El prisma
Un prisma imaginario en
el espacio multiplica un
rayo de luz. Entonces comprendemos que el arcoíris es ficción: no brilla con
luz propia.
Quizá la Literatura tampoco.
Un prisma literario multiplica palabras, imágenes
y sentimientos que antes no existían o que dormían escondidos en alguna región
del pensamiento.
La brisa podría ser el pasaje hacia la locura o
hacia la sensibilidad natural.
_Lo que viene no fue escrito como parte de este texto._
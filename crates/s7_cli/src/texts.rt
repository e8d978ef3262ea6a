ghost use Rattle.std.specs.Prelude.{◌≡◌, ◌≤◌, ◌+◌, ◌++◌, length};
ghost use Rattle.s7_cli.specs.Lines.{
  file_text,
  image_refused_text,
  line_of_failure,
  no_listing_text,
  read_fault_text,
  refusal_text,
  says_no_text,
  too_long_text,
  words_refused_text,
};

use crate::failures::{Failure, File};
use image_file::LoadFault;
use monitor::Line;
use plc_base::Refusal;

/// Appends the word for a file; a script's has the operator's number. It wants room for 47 bytes.
#[tactic(auto, unfolding(crate::specs::Lines::file_text))]
fn add_file(line: &mut Line, file: File)
    requires { length line.old + 47 ≤ 256 }
    ensures value { line.new ≡ line.old ++ file_text file }
    ensures len { length line.new ≤ length line.old + 47 }
{
    match file {
        File::Source => line.add(b"source"),
        File::Translation => line.add(b"result"),
        File::Symbols => line.add(b"symbols"),
        File::Image => line.add(b"image"),
        File::Listing => line.add(b"list"),
        File::History => line.add(b"history"),
        File::Stimuli => line.add(b"stimuli"),
        File::Vars => line.add(b"vars"),
        File::Script { number } => {
            line.add(b"script ");
            line.add_number(u64::from(number));
        }
        File::Certificate => line.add(b"certificate"),
    }
}

/// The line of a refused file: the line and the rule that it breaks.
#[tactic(auto, unfolding(crate::specs::Lines::refusal_text))]
fn refusal_line(file: File, refusal: Refusal) -> Line
    ensures { result ≡ refusal_text file refusal }
{
    let mut line = Line::new();
    add_file(&mut line, file);
    line.add(b" refused: line ");
    line.add_number(u64::from(refusal.line));
    line.add(b" rule ");
    line.add_number(u64::from(refusal.rule));
    line.add(b"\n");
    line
}

/// The line of a refused image: the offset of its least fault, and the fault's code.
#[tactic(auto, unfolding(crate::specs::Lines::image_refused_text))]
fn image_refused_line(fault: LoadFault) -> Line
    ensures { result ≡ image_refused_text fault }
{
    let mut line = Line::new();
    line.add(b"image refused: offset ");
    line.add_number(u64::from(fault.at));
    line.add(b" code ");
    line.add_number(u64::from(fault.code));
    line.add(b"\n");
    line
}

/// The line of a file that holds a byte past its limit.
#[tactic(auto, unfolding(crate::specs::Lines::too_long_text))]
fn too_long_line(file: File) -> Line
    ensures { result ≡ too_long_text file }
{
    let mut line = Line::new();
    line.add(b"too long: ");
    add_file(&mut line, file);
    line.add(b"\n");
    line
}

/// A line of a fixed text.
fn fixed_line(text: &[u8]) -> Line
    requires { length text.now ≤ 40 }
    ensures { result ≡ text.now }
{
    let mut line = Line::new();
    line.add(text);
    line
}

/// The line of a failure; none where a write failed or memory is wanting, and where the line of a
/// chain was written.
#[tactic(auto, unfolding(crate::specs::Lines::words_refused_text, crate::specs::Lines::read_fault_text, crate::specs::Lines::no_listing_text, crate::specs::Lines::says_no_text))]
pub fn failure_line(failure: Failure) -> Option<Line>
    ensures { result ≡ line_of_failure failure }
{
    match failure {
        Failure::WordsRefused => Some(fixed_line(b"words refused\n")),
        Failure::ReadFault => Some(fixed_line(b"read fault\n")),
        Failure::TooLong { file } => Some(too_long_line(file)),
        Failure::Refused { file, refusal } => Some(refusal_line(file, refusal)),
        Failure::ImageRefused { fault } => Some(image_refused_line(fault)),
        Failure::NoListing => Some(fixed_line(b"image has no listing\n")),
        Failure::SaysNo => Some(fixed_line(b"certificate says no\n")),
        Failure::TooDeep | Failure::WriteFault | Failure::NoMemory => None,
    }
}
Por eso los escritores respiran ciertas noches
como si fueran revelaciones y hacen votos secretos para que ese estado no
termine nunca.
Entonces aparecen las imágenes.
Una flor roja que exalta las virtudes de la rosa
sin ser todavía una rosa.
La noche frente al mar. Una luna blanca y
excesiva. Una muñeca de tusa tomada de la mano y mirando las olas como si
hubiese olvidado su nombre.
El pelo suelto de ella cayendo como cascada sobre
el pecho y el rostro mientras los pétalos los acunan.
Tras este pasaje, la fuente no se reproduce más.